Members of the Jr. Peewee Gators do a drill during an early-season practice for Pop Warner football on Wednesday, August 7, 2013 in Gainesville, Fla.
Matt Stamey/Gainesville Sun /Landov
Sure, you think, my kid’s on a football team. That takes care of his exercise needs, right? Probably not.
“There are these bursts of activity,” says Jim Sallis, a professor of family and preventive medicine at the University of California, San Diego. “But if you think about it, one hour of playing football out on the field means that the vast majority of that time is spent standing around waiting for the next play.”

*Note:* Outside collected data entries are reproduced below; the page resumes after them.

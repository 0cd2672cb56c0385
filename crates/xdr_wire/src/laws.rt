//! Laws of encodings: each is the contract of a function with an empty body.
ghost use Rattle.std.specs.Prelude.{◌≡◌, ◌++◌, ◌↔◌, ℕ, List, Ok, IsErr};
ghost use Rattle.xdr_wire.specs.Xdr.{Xdr, AreBytes, Value, HasSpelling, Spells, Begins, spelling};
ghost use Rattle.xdr_wire.specs.Reading.{read_at};

/// Reading returns a value if and only if the bytes begin with an encoding of it.
pub fn reading_is_spelling()
    ensures { (t : Xdr) (v : Value t) (bytes rest : List ℕ) → (read_at t bytes ≡ Ok (v, rest)) ↔ Begins t v bytes rest }
{}

/// Reading returns a fault if and only if no prefix of the bytes encodes a value.
pub fn fault_is_no_spelling()
    ensures { (t : Xdr) (bytes : List ℕ) →
        (IsErr (read_at t bytes)) ↔ ((v : Value t) (rest : List ℕ) → ¬ Begins t v bytes rest) }
{}

/// The bytes that are written encode the value.
pub fn writing_is_spelling()
    ensures { (t : Xdr) (v : Value t) → HasSpelling t v → Spells t v (spelling t v) }
{}

/// No encoding is a proper prefix of another, not even of another value's: if the same bytes begin with two, they are
/// equal.
pub fn one_spelling_at_a_prefix()
    ensures { (t : Xdr) (v w : Value t) (a b x y : List ℕ) → Spells t v a → Spells t w b → a ++ x ≡ b ++ y → (v ≡ w) ×
        (a ≡ b) }
{}

/// Among lists of bytes a value has one encoding, the one that is written.
pub fn a_value_has_one_spelling()
    ensures { (t : Xdr) (v : Value t) (bytes : List ℕ) → AreBytes bytes → Spells t v bytes → bytes ≡ spelling t v }
{}

/// The bytes that are written are read back as the value, whatever bytes follow.
pub fn what_is_written_is_read()
    ensures { (t : Xdr) (v : Value t) (rest : List ℕ) → HasSpelling t v →
        read_at t (spelling t v ++ rest) ≡ Ok (v, rest) }
{}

And that’s a problem, federal health officials say, because children need at least one hour of moderate to vigorous physical activity every day.
“We know that physical activity in childhood strengthens your bones, increases your muscle mass,” says Tala Fakhouri, an epidemiologist with the Centers for Disease Control and Prevention. “It also has effects on psychological well-being in kids and teens. It increases their capacity for learning, their self-esteem and it may also help them deal with stress.”
But just one in four young teenagers between ages 12 and 15 actually get that one hour of exercise every day, Fakhouri says. She analyzed federal health data gathered from 800 teenagers in 2012.
While kids may be active in childhood, it’s typical to see a decline as they move into their teen years. “We know, for example, that sedentary behaviors like watching TV are the single biggest contributor to physical inactivity in adolescence,” Fakhouri says.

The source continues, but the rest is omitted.